Optional background reading...

2. Another dimension of signaling is that it requires a level of accesss control authentication and authorisation not typically present in pure datagram networks like traditional IP. For a measure of how bad it can get, look no further than the old digital telephone network signaling system number 7 (SS7) which is more complex than the whole TCP/IP regular data stack (see report on vulnerabilities in SS7). RSVP (serves similar function for signaling for MPLS if you don't just rely on routing!) is about as bad.

1. Further work was done based on the fibbing idea:

https://www.michaelschapira.com/_files/ugd/3b1e1e_dc51c8d43c7c41cc9ffbfa84923cd864.pdf

Basically, it leverages FIBbing-like mechanisms to optimize (oblivious) TE in IP networks.

https://www.michaelschapira.com/_files/ugd/3b1e1e_b928d21ed137475bb89f51c9073ed8de.pdf

This paper is about the hardness of configuring ECMP for TE. This is actually based on a very cute hardness amplification proof technique.

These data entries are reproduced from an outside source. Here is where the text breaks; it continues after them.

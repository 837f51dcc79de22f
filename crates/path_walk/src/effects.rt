//! What requests do to the tree.

ghost use Rattle.std.specs.Prelude.{◌≡◌, ◌+◌, ℕ, false, List, length, MatchResult};
ghost use Rattle.hist_model.specs.Trees.{ordinal_of};
ghost use Rattle.hist_model.specs.Paths.{Follow, At, reaches};
ghost use Rattle.hist_model.specs.Effects.{effect, making, mounting, perform};
ghost use Rattle.hist_model.specs.Requests.{kind_of};
ghost use Rattle.hist_model.specs.TreeOps.{TreeOp};
ghost use Rattle.mount_tree.specs.Changes.{row_of, row_length};
ghost use Rattle.path_walk.specs.Performed.{IsPerformed, IsNotFollowed, making_of, room_wanted};

use crate::places::{Last, Place};
use crate::resolution::{Walk, resolve};
use hist_model::request::{Kind, Node, NodeRef, Request, node_device};
use mount_tree::attr_flags::are_attr_flags;
use mount_tree::errors::AttrError;
use mount_tree::mounts::NewMount;
use mount_tree::tree::Tree;
use sys_abi::device::split_dev;
use sys_abi::errno::Errno;
use sys_abi::memory::{NoMemory, OrNoMemory};

/// An attribute that is to be set, with the flags of setxattr(2).
#[derive(Clone, Copy, Debug)]
pub struct AttrChange<'a> {
    pub name: &'a [u8],
    pub value: &'a [u8],
    pub flags: u32,
}

/// The node at a path, or the errno of the walk.
pub fn follow(
    tree: &Tree,
    root: NodeRef,
    base: Option<NodeRef>,
    path: &[u8],
    walk: &mut Walk,
) -> Result<NodeRef, Errno>
    ensures { MatchResult result
        (λ n. reaches tree.now.tree root.ordinal (ordinal_of base) path.now Follow ≡ At n.ordinal)
        (λ e. IsNotFollowed (reaches tree.now.tree root.ordinal (ordinal_of base) path.now Follow) e) }
{
    match resolve(tree, root, base, path, Last::Follow, walk) {
        Ok(Place::At(node)) => Ok(node),
        Ok(Place::New { .. }) => Err(Errno::ENOENT),
        Err(error) => Err(error.errno()),
    }
}

/// Makes a node at a path (mknod(2)), as `perform` does. `NoMemory` comes only where the tree isn't ready for 255 bytes.
pub fn make(
    tree: &mut Tree,
    root: NodeRef,
    base: Option<NodeRef>,
    path: &[u8],
    node: Node,
    walk: &mut Walk,
) -> Result<(), OrNoMemory<Errno>>
    ensures { IsPerformed 256 tree.old tree.new (perform tree.old.tree root.ordinal (ordinal_of base) (TreeOp.Make path.now node)) result }
{
    let dir = match resolve(tree, root, base, path, Last::Create, walk) {
        Ok(Place::New { dir }) => dir,
        Ok(Place::At(_)) => return Err(OrNoMemory::Refused(Errno::EEXIST)),
        Err(error) => return Err(OrNoMemory::Refused(error.errno())),
    };
    match tree.make_node(dir, walk.name(), node) {
        Ok(_) => Ok(()),
        Err(OrNoMemory::Refused(_)) => Err(OrNoMemory::Refused(Errno::EEXIST)),
        Err(OrNoMemory::NoMemory) => Err(OrNoMemory::NoMemory),
    }
}

/// Mounts something on the directory at a path (mount(2)), as `perform` does. `NoMemory` comes only where the tree isn't ready
/// for the texts of the row.
pub fn mount(
    tree: &mut Tree,
    root: NodeRef,
    base: Option<NodeRef>,
    target: &[u8],
    row: NewMount<'_>,
    walk: &mut Walk,
) -> Result<(), OrNoMemory<Errno>>
    ensures { IsPerformed (row_length (row_of row.entry) + 1) tree.old tree.new
        (perform tree.old.tree root.ordinal (ordinal_of base) (TreeOp.Mount target.now (row_of row.entry))) result }
{
    let dir = match follow(tree, root, base, target, walk) {
        Ok(dir) => dir,
        Err(errno) => return Err(OrNoMemory::Refused(errno)),
    };
    if !tree.is_dir(dir) {
        return Err(OrNoMemory::Refused(Errno::ENOTDIR));
    }
    match tree.mount_at(dir, row) {
        Ok(_) => Ok(()),
        Err(NoMemory) => Err(OrNoMemory::NoMemory),
    }
}

/// Sets an attribute of the node at a path (setxattr(2)), as `perform` does. `NoMemory` comes only where the tree isn't ready for
/// the name and the value.
pub fn set_attr(
    tree: &mut Tree,
    root: NodeRef,
    base: Option<NodeRef>,
    path: &[u8],
    change: AttrChange<'_>,
    walk: &mut Walk,
) -> Result<(), OrNoMemory<Errno>>
    ensures { IsPerformed (length change.entry.name.now + length change.entry.value.now + 1) tree.old tree.new
        (perform tree.old.tree root.ordinal (ordinal_of base)
        (TreeOp.SetAttr path.now change.entry.name.now change.entry.value.now change.entry.flags)) result }
{
    if !are_attr_flags(change.flags) {
        return Err(OrNoMemory::Refused(Errno::EINVAL));
    }
    let node = match follow(tree, root, base, path, walk) {
        Ok(node) => node,
        Err(errno) => return Err(OrNoMemory::Refused(errno)),
    };
    match tree.set_attr(node, change.name, change.value, change.flags) {
        Ok(()) => Ok(()),
        Err(AttrError::BadFlags) => Err(OrNoMemory::Refused(Errno::EINVAL)),
        Err(AttrError::Exists) => Err(OrNoMemory::Refused(Errno::EEXIST)),
        Err(AttrError::Absent) => Err(OrNoMemory::Refused(Errno::ENODATA)),
        Err(AttrError::NoMemory) => Err(OrNoMemory::NoMemory),
    }
}

/// The node at a path is there (openat(2)); the tree stays as it is.
fn open(
    tree: &mut Tree,
    root: NodeRef,
    base: Option<NodeRef>,
    path: &[u8],
    walk: &mut Walk,
) -> Result<(), OrNoMemory<Errno>>
    ensures { IsPerformed 0 tree.old tree.new (perform tree.old.tree root.ordinal (ordinal_of base) (TreeOp.Open path.now false)) result }
{
    match follow(tree, root, base, path, walk) {
        Ok(_) => Ok(()),
        Err(errno) => Err(OrNoMemory::Refused(errno)),
    }
}

/// Makes the node that a mode and a device ask for, if they ask for one.
fn make_asked(
    tree: &mut Tree,
    root: NodeRef,
    base: Option<NodeRef>,
    path: &[u8],
    node: Result<Node, Errno>,
    walk: &mut Walk,
) -> Result<(), OrNoMemory<Errno>>
    ensures { IsPerformed (room_wanted (making_of path.now node)) tree.old tree.new (perform tree.old.tree root.ordinal (ordinal_of base) (making_of path.now node)) result }
{
    match node {
        Ok(node) => make(tree, root, base, path, node, walk),
        Err(errno) => Err(OrNoMemory::Refused(errno)),
    }
}

/// Mounts a file system of a type: EINVAL where it has none.
fn mount_typed(
    tree: &mut Tree,
    root: NodeRef,
    base: Option<NodeRef>,
    target: &[u8],
    row: NewMount<'_>,
    walk: &mut Walk,
) -> Result<(), OrNoMemory<Errno>>
    ensures { IsPerformed (room_wanted (mounting target.now (row_of row.entry) row.entry.fstype.now)) tree.old tree.new
        (perform tree.old.tree root.ordinal (ordinal_of base) (mounting target.now (row_of row.entry) row.entry.fstype.now)) result }
{
    if row.fstype.is_empty() {
        return Err(OrNoMemory::Refused(Errno::EINVAL));
    }
    mount(tree, root, base, target, row, walk)
}

/// The node that a mode and a device ask for (mknod(2)): EPERM for a directory, and EINVAL for a mode without a kind.
fn asked_node(mode: u16, dev: u32) -> Result<Node, Errno>
    ensures { (path : List ℕ) → making_of path result ≡ making path dev (kind_of mode) }
{
    let (major, minor) = split_dev(dev);
    match Kind::of_mode(mode) {
        Kind::Reg => Ok(Node::Reg),
        Kind::Chr => Ok(Node::Chr(major, minor)),
        Kind::Blk => Ok(Node::Blk(major, minor)),
        Kind::Fifo => Ok(Node::Fifo),
        Kind::Sock => Ok(Node::Sock),
        Kind::Dir => Err(Errno::EPERM),
        Kind::Bad => Err(Errno::EINVAL),
    }
}

/// Does what a request asks for, with paths from a container's root and from a base, as `perform` does its effect. The path is
/// walked once: what was resolved is changed. The request is only read.
///
/// Each errno comes exactly as the definitions have it, and leaves the tree as it is. It takes no memory. `NoMemory` comes only
/// where the tree isn't ready for the request's texts.
pub fn perform_request(
    tree: &mut Tree,
    root: NodeRef,
    base: Option<NodeRef>,
    request: &Request,
    walk: &mut Walk,
) -> Result<(), OrNoMemory<Errno>>
    ensures { IsPerformed (room_wanted (effect request.now)) tree.old tree.new (perform tree.old.tree root.ordinal (ordinal_of base) (effect request.now)) result }
{
    match request {
        Request::Mknod {
            path,
            mode,
            dev,
            ..
        } => make_asked(
            tree,
            root,
            base,
            path.items(),
            asked_node(*mode, node_device(*dev)),
            walk,
        ),
        Request::Mount {
            source,
            target,
            fstype,
            options,
            via,
            flags,
            shift,
        } => {
            let row = NewMount {
                source: source.items(),
                fstype: fstype.items(),
                flags: *flags,
                options: options.items(),
                via: via.items(),
                shift: *shift,
            };
            mount_typed(tree, root, base, target.items(), row, walk)
        }
        Request::SetXattr {
            path,
            name,
            value,
            flags,
        } => {
            let change = AttrChange {
                name: name.items(),
                value: value.items(),
                flags: *flags,
            };
            set_attr(tree, root, base, path.items(), change, walk)
        }
        Request::OpenAt { path, .. } => open(tree, root, base, path.items(), walk),
        _ => Err(OrNoMemory::Refused(Errno::ENOSYS)),
    }
}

Principles of Communications Week 1 9/10/2025

 I'll be noting progress and also adding occasional related reading/ and corrections on this blog.

If you want to revise anything to warm up for the course, I suggest last year's Computer Networks course should be a quick re-read (e..g on routing )! A fun review of 40+ years of the Internet

This week we'll just make a start on routing.

For fun, you might find this discussion on why LLMs aren't much use for networking, mostly interesting - video recording of panel session

Reference requested for Glossary of Terms: from ISOC

Some acronyms come from the 7 layer model of the communications stack including terms like PHY (short for physical, so not really an acronym).